• _EXERCISE DETAILS_: Stop after the line containing "#[tactic(auto, using(crate::proofs::TakeLaws::slots_tested))]"; retype every line of the data before it exactly, starting from the first.

(Data entries)

☆ ☆ ☆ ☆

// Slots taken and given back.
ghost use Rattle.std.specs.Prelude.{◌≡◌, ◌*◌, ◌≤◌, ◌<◌, IfSome, MatchOption, None, Some, length, set};
ghost use Rattle.rules.specs.Layout.{most_slots, slot_length};
ghost use Rattle.rules.specs.Refusals.{says};
ghost use Rattle.rules.specs.Pool.{lowest_free, own_slots, taking, giving_back, use_at};
ghost use Rattle.rules.specs.Numbers.{answer_from};

use crate::entry::{Clinic, SlotNumber, slot_count, slot_range};
use rules::layout::{IN_USE, SLOT_WORDS};
use rules::{Answer, Refusal};
use slot::give_back_slot;

/// The caller's lowest-numbered slot whose in-use word is 0. Of a slot it looks at the clinic and, where that is the
/// caller, at the in-use word.
#[tactic(auto, using(crate::proofs::TakeLaws::slots_tested))]
fn lowest_free(sheet: &[u32], caller: Clinic, slots: usize) -> Option<SlotNumber>
    requires { (length sheet.now ≡ slot_length * slots) × (slots ≤ most_slots) }
    ensures lowest { MatchOption result (lowest_free (own_slots sheet.now caller.0) ≡ None)
        (λ k. lowest_free (own_slots sheet.now caller.0) ≡ Some k.0) }
    ensures inside { IfSome result (λ k. k.0 < slots) }
{
    // by index: with `chunks_exact` and `position` the proof that the slot found is the lowest did not close
    for k in 0..slots {
        let head = SLOT_WORDS * k;
        if sheet[head] == caller.0 && sheet[head + IN_USE] == 0 {
            return Some(SlotNumber(k as u32));
        }
    }
    None
}

/// Takes that slot, if there is one, and gives its number.
// never inlined: inlined, the loop carries the answer's word along beside the slot's place, and is so long that a take
// of the last of 64 slots took 1.4 of its time wherever the shorter loop lay well
#[inline(never)]
fn take_lowest(sheet: &mut [u32], caller: Clinic, slots: usize) -> Option<SlotNumber>
    requires { (length sheet.old ≡ slot_length * slots) × (slots ≤ most_slots) }
    ensures granted { MatchOption result (lowest_free (own_slots sheet.old caller.0) ≡ None)
        (λ k. lowest_free (own_slots sheet.old caller.0) ≡ Some k.0) }
    ensures taken { MatchOption result (sheet.new ≡ sheet.old) (λ k. sheet.new ≡ set sheet.old (use_at k.0) 1) }
{
    let slot = lowest_free(sheet, caller, slots)?;
    sheet[SLOT_WORDS * slot.0 as usize + IN_USE] = 1;
    Some(slot)
}

/// A take, with the reason where it is refused.
#[tactic(auto, using(crate::proofs::TakeLaws::take_rows_tested, crate::proofs::TakenSlots::takes))]
fn take_slot(sheet: &mut [u32], caller: Clinic) -> Result<u32, Refusal>
    ensures { (answer_from result, sheet.new) ≡ taking sheet.old caller.0 }
{
    let slots = slot_count(sheet.len()).ok_or(Refusal::NoSheet)?;
    if caller.0 == 0 {
        return Err(Refusal::NotTheCallers);
    }
    let slot = take_lowest(sheet, caller, slots).ok_or(Refusal::NoneFree)?;
    Ok(slot.0)
}

/// Takes the caller's lowest-numbered slot that is not in use, and gives its number as place.
pub fn take(sheet: &mut [u32], caller: Clinic) -> Answer
    ensures { (says result.number result.place, sheet.new) ≡ taking sheet.old caller.0 }
{
    take_slot(sheet, caller).into()
}

/// A giving back, with the reason where it is refused.
#[tactic(auto, using(crate::proofs::EntryLaws::on_refusal), unfolding(rules::specs::Pool::giving_back))]
fn give_slot_back(sheet: &mut [u32], caller: Clinic, slot: SlotNumber) -> Result<u32, Refusal>
    ensures { (answer_from result, sheet.new) ≡ giving_back sheet.old caller.0 slot.0 }
{
    let range = slot_range(sheet, caller, slot)?;
    give_back_slot(&mut sheet[range])
}

/// Gives a slot back: all but clinic, measure and indent becomes 0.
pub fn give_back(sheet: &mut [u32], caller: Clinic, slot: SlotNumber) -> Answer
    ensures { (says result.number result.place, sheet.new)
        ≡ giving_back sheet.old caller.0 slot.0 }
{
    give_slot_back(sheet, caller, slot).into()
}
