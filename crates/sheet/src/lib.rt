// The calls on a sheet, and ruby place.
#![tactic(auto)]

mod editing;
mod entry;
mod importing;
mod reading;
mod setting_up;
mod taking;

pub use editing::edit;
pub use entry::{Clinic, SlotNumber};
pub use importing::{ImportAnswer, import};
pub use reading::{Part, read, read_number, read_part};
pub use rules::{Answer, RubyPlace, ruby_place};
pub use setting_up::set_up;
pub use slot::EditAnswer;
pub use taking::{give_back, take};
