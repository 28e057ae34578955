// Edit: a stretch of a slot's records replaced.
ghost use Rattle.std.specs.Prelude.{◌≡◌};
ghost use Rattle.rules.specs.Refusals.{edit_says, edit as editOf};
ghost use Rattle.rules.specs.Numbers.{edit_answer_from};

use crate::entry::{Clinic, SlotNumber, slot_range};
use rules::{Edited, Refusal};
use slot::{EditAnswer, edit_slot};

/// An edit, with the reason where it is refused.
#[tactic(auto, using(crate::proofs::EntryLaws::on_refusal), unfolding(rules::specs::Refusals::edit))]
fn replace(
    sheet: &mut [u32],
    caller: Clinic,
    slot: SlotNumber,
    place: u32,
    deleted: u32,
    inserted: &[u32],
) -> Result<Edited, Refusal>
    ensures { (edit_answer_from result, sheet.new) ≡ editOf sheet.old caller.0 slot.0 place deleted inserted.now }
{
    let range = slot_range(sheet, caller, slot)?;
    // unpacked and packed anew: given on whole, a refusal above would go through memory, 11 ns in place of 6
    let edited = edit_slot(&mut sheet[range], place, deleted, inserted)?;
    Ok(edited)
}

/// Replaces a stretch of a slot's records, composes the slot anew, and reports how many of its lines that redid.
pub fn edit(
    sheet: &mut [u32],
    caller: Clinic,
    slot: SlotNumber,
    place: u32,
    deleted: u32,
    inserted: &[u32],
) -> EditAnswer
    ensures { (edit_says result.number result.place result.redone, sheet.new)
        ≡ editOf sheet.old caller.0 slot.0 place deleted inserted.now }
{
    replace(sheet, caller, slot, place, deleted, inserted).into()
}
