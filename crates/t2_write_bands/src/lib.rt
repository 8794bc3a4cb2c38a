// The coding of a packet's blocks band by band (opj_t2_encode_packet of t2.rs): a band's new blocks are set, then all are coded,
// row by row.
#![tactic(auto)]

ghost use Rattle.std.specs.Prelude.{◌≡◌, ◌+◌, ◌<◌, ◌≤◌, T, length, take};
ghost use Rattle.t800.specs.TagTree.{levels};
ghost use Rattle.t800.specs.State.{blocks_in, blocks, state_length, not_yet_included};
ghost use Rattle.t800.specs.WriteHeader.{set_new_blocks, code_blocks};
ghost use Rattle.bio_bytes.specs.Writing.{output, FreeBitsClear};
ghost use Rattle.tgt_write.specs.Coding.{leaf_coded, put_coded};
ghost use Rattle.tcd_laws.specs.Geometry.{AllUpTo64, padded};
ghost use Rattle.t2_write_codes.specs.PassTable.{is_pass_table};
ghost use Rattle.t2_write_block.specs.Runs.{running, code_all, AllFit};
ghost use Rattle.t2_write_bands.specs.Bands.{code_band};
ghost use Rattle.tcd_places.specs.Places.{BandIn, band_blocks, grid_of};

use t2_write_block::{Coding, Run};
use t800::{Band, Bio, Level};
use tcd_places::Grid;

fn code_blocks(
    words: &mut [u32],
    out: &mut [u8],
    r: Run,
    band: Band,
    tree: [Level; 7],
    g: Grid,
    by: &Coding<'_>,
) -> Run
    requires { (FreeBitsClear r.bio) × (BandIn (length words.old) g.start band)
        × (g ≡ grid_of g.start band) × (tree ≡ padded (levels band.across band.down))
        × (AllFit by.now.counts.now by.now.lengths.now by.now.marks.now words.old (band_blocks g.start band) r.block r.pass) }
    ensures { running words.new out.new result
        ≡ code_all by.now.layer by.now.counts.now by.now.lengths.now by.now.marks.now (band_blocks g.start band)
        (running words.old out.old r) }
{
    let mut run = r;
    for y in 0..tcd_places::rows(band) {
        let mut row = [0usize; 7];
        tgt::opj_tgt_row(tree, g.depth, y, &mut row);
        let place = tcd_places::row_place(g, y);
        run = t2_write_block::code_row(words, out, run, place, g.w, &row, by);
    }
    run
}

// The band's new blocks are set before its first is coded.
fn code_band(
    words: &mut [u32],
    out: &mut [u8],
    r: Run,
    band: Band,
    tree: [Level; 7],
    g: Grid,
    by: &Coding<'_>,
) -> Run
    requires { (FreeBitsClear r.bio) × (BandIn (length words.old) g.start band)
        × (g ≡ grid_of g.start band) × (tree ≡ padded (levels band.across band.down))
        × (r.block + blocks_in band ≤ length by.now.counts.now)
        × (AllFit by.now.counts.now by.now.lengths.now by.now.marks.now words.old (band_blocks g.start band) r.block r.pass) }
    ensures { running words.new out.new result
        ≡ code_band by.now.layer by.now.counts.now by.now.lengths.now by.now.marks.now g.start band
        (running words.old out.old r) }
{
    t2_write_new_blocks::set_new_blocks(words, band, tree, g, by.layer, by.counts, r.block);
    code_blocks(words, out, r, band, tree, g, by)
}

// The blocks of the first n bands.
pub fn code_bands(
    words: &mut [u32],
    out: &mut [u8],
    b: Bio,
    bands: [Band; 3],
    n: usize,
    by: &Coding<'_>,
) -> Bio
    requires { (FreeBitsClear b) × (n ≤ 3) × (AllUpTo64 (take n bands))
        × (length words.old ≡ state_length (take n bands))
        × (length by.now.counts.now ≡ length (blocks (take n bands)))
        × (AllFit by.now.counts.now by.now.lengths.now by.now.marks.now words.old (blocks (take n bands)) 0 0) }
    ensures { leaf_coded words.new out.new result
        ≡ put_coded (output out.old b)
        (code_blocks by.now.layer (blocks (take n bands)) by.now.counts.now by.now.lengths.now by.now.marks.now
        (set_new_blocks by.now.layer (blocks (take n bands)) by.now.counts.now words.old)) }
{
    let trees = tcd_levels::band_levels(bands);
    let mut run = Run {
        bio: b,
        block: 0,
        pass: 0,
    };
    let mut start: usize = 13;
    for (band, tree) in bands[..n].iter().zip(&trees) {
        let g = tcd_places::grid_of(*band, start);
        run = code_band(words, out, run, *band, *tree, g, by);
        start = tcd_places::grid_end(*band, g);
    }
    run.bio
}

☆ ☆ ☆ ☆

• _ANSWER BELOW_:
// Slots taken and given back.
ghost use Rattle.std.specs.Prelude.{◌≡◌, ◌*◌, ◌≤◌, ◌<◌, IfSome, MatchOption, None, Some, length, set};
ghost use Rattle.rules.specs.Layout.{most_slots, slot_length};
ghost use Rattle.rules.specs.Refusals.{says};
ghost use Rattle.rules.specs.Pool.{lowest_free, own_slots, taking, giving_back, use_at};
ghost use Rattle.rules.specs.Numbers.{answer_from};

use crate::entry::{Clinic, SlotNumber, slot_count, slot_range};
use rules::layout::{IN_USE, SLOT_WORDS};
use rules::{Answer, Refusal};
use slot::give_back_slot;

/// The caller's lowest-numbered slot whose in-use word is 0. Of a slot it looks at the clinic and, where that is the
/// caller, at the in-use word.
#[tactic(auto, using(crate::proofs::TakeLaws::slots_tested))]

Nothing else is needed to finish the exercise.